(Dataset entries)
Segment Open

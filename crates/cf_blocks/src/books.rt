//! Books of the signals of models.

ghost use Rattle.std.specs.Prelude.{◌≡◌, None, map, IfOk, OnOk};
ghost use Rattle.std.specs.Str.{bytes_eq};
ghost use Rattle.cf_model.specs.Renumbering.{distinct_on, place};
ghost use Rattle.cf_circuits.specs.Links.{actuals, callee as callee_of, gathered, is_output as output_of, twice_driven};
ghost use Rattle.cf_circuits.specs.Expansions.{signals};
ghost use Rattle.cf_blocks.specs.Once.{DriveOnce};

use crate::NoMemory;
use cf_circuits::gates::Gate;
use cf_circuits::models::ModelDef;
use cf_circuits::pins::Call;
use cf_links::directory::Directory;
use cf_names::{Name, NameBook};
use std::alloc::Global;

/// A book of the signals of each model.
pub(crate) fn books_of(alloc: Global, directory: &Directory) -> Result<Vec<NameBook>, NoMemory>
    requires { DriveOnce directory.now }
    ensures { IfOk result (λ books. books.items ≡ map (signals directory.now) directory.now) }
{
    let models = directory.models();
    let mut books = Vec::with_capacity(alloc, models.len())?;
    for model in models {
        books.push(book_of(alloc, directory, model)?)?;
    }
    Ok(books)
}

/// A book of the signals of a model: the inputs, the outputs of gates, and what calls drive.
pub(crate) fn book_of(
    alloc: Global,
    directory: &Directory,
    model: &ModelDef,
) -> Result<NameBook, NoMemory>
    requires { twice_driven directory.now model.now ≡ None }
    ensures { IfOk result (λ book. book ≡ signals directory.now model.now) }
{
    let mut book = NameBook::new(alloc);
    add_names(&mut book, model.inputs.items())?;
    add_outputs(&mut book, model.gates.items())?;
    add_calls(&mut book, directory, model.calls.items())?;
    Ok(book)
}

fn add_names(book: &mut NameBook, names: &[Name]) -> Result<(), NoMemory>
    ensures { OnOk result (book.new ≡ distinct_on bytes_eq book.old names.now) }
{
    for name in names {
        book.number(name.bytes())?;
    }
    Ok(())
}

fn add_outputs(book: &mut NameBook, gates: &[Gate]) -> Result<(), NoMemory>
    ensures { OnOk result
        (book.new ≡ distinct_on bytes_eq book.old (map (λ g. g.out) gates.now)) }
{
    for gate in gates {
        book.number(gate.out.bytes())?;
    }
    Ok(())
}

fn add_calls(book: &mut NameBook, directory: &Directory, calls: &[Call]) -> Result<(), NoMemory>
    ensures { OnOk result (book.new ≡ distinct_on bytes_eq book.old
        (gathered (λ c. actuals (output_of (callee_of directory.now c)) c.pins) calls.now)) }
{
    for call in calls {
        add_call(book, directory, call)?;
    }
    Ok(())
}

/// Adds what a call drives.
fn add_call(book: &mut NameBook, directory: &Directory, call: &Call) -> Result<(), NoMemory>
    ensures { OnOk result (book.new ≡ distinct_on bytes_eq book.old
        (actuals (output_of (callee_of directory.now call.now)) call.now.pins)) }
{
    let Some(callee) = directory.callee(call) else {
        return Ok(());
    };
    let pins = call.pins.items();
    for pin in pins {
        if directory.is_output(callee, pin.formal.bytes()) {
            book.number(pin.actual.bytes())?;
        }
    }
    Ok(())
}

/// The number of a name in a book. One that isn't there has the number behind all.
pub fn number_in(book: &NameBook, name: &[u8]) -> u64
    ensures { result ≡ place bytes_eq book.now name.now }
{
    match book.find(name) {
        Some(number) => number,
        None => book.len(),
    }
}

Segment Closed

- Problem description -
Here the output must be the lines above from the line with "for model in" to the line with "add_calls(&mut book, directory, model.calls.items())?;", both included, duplicated word for word and nothing else.

- Answer space -
    for model in models {
        books.push(book_of(alloc, directory, model)?)?;
    }
    Ok(books)
}

/// A book of the signals of a model: the inputs, the outputs of gates, and what calls drive.
pub(crate) fn book_of(
    alloc: Global,
    directory: &Directory,
    model: &ModelDef,
) -> Result<NameBook, NoMemory>
    requires { twice_driven directory.now model.now ≡ None }
    ensures { IfOk result (λ book. book ≡ signals directory.now model.now) }
{
    let mut book = NameBook::new(alloc);
    add_names(&mut book, model.inputs.items())?;
    add_outputs(&mut book, model.gates.items())?;
    add_calls(&mut book, directory, model.calls.items())?;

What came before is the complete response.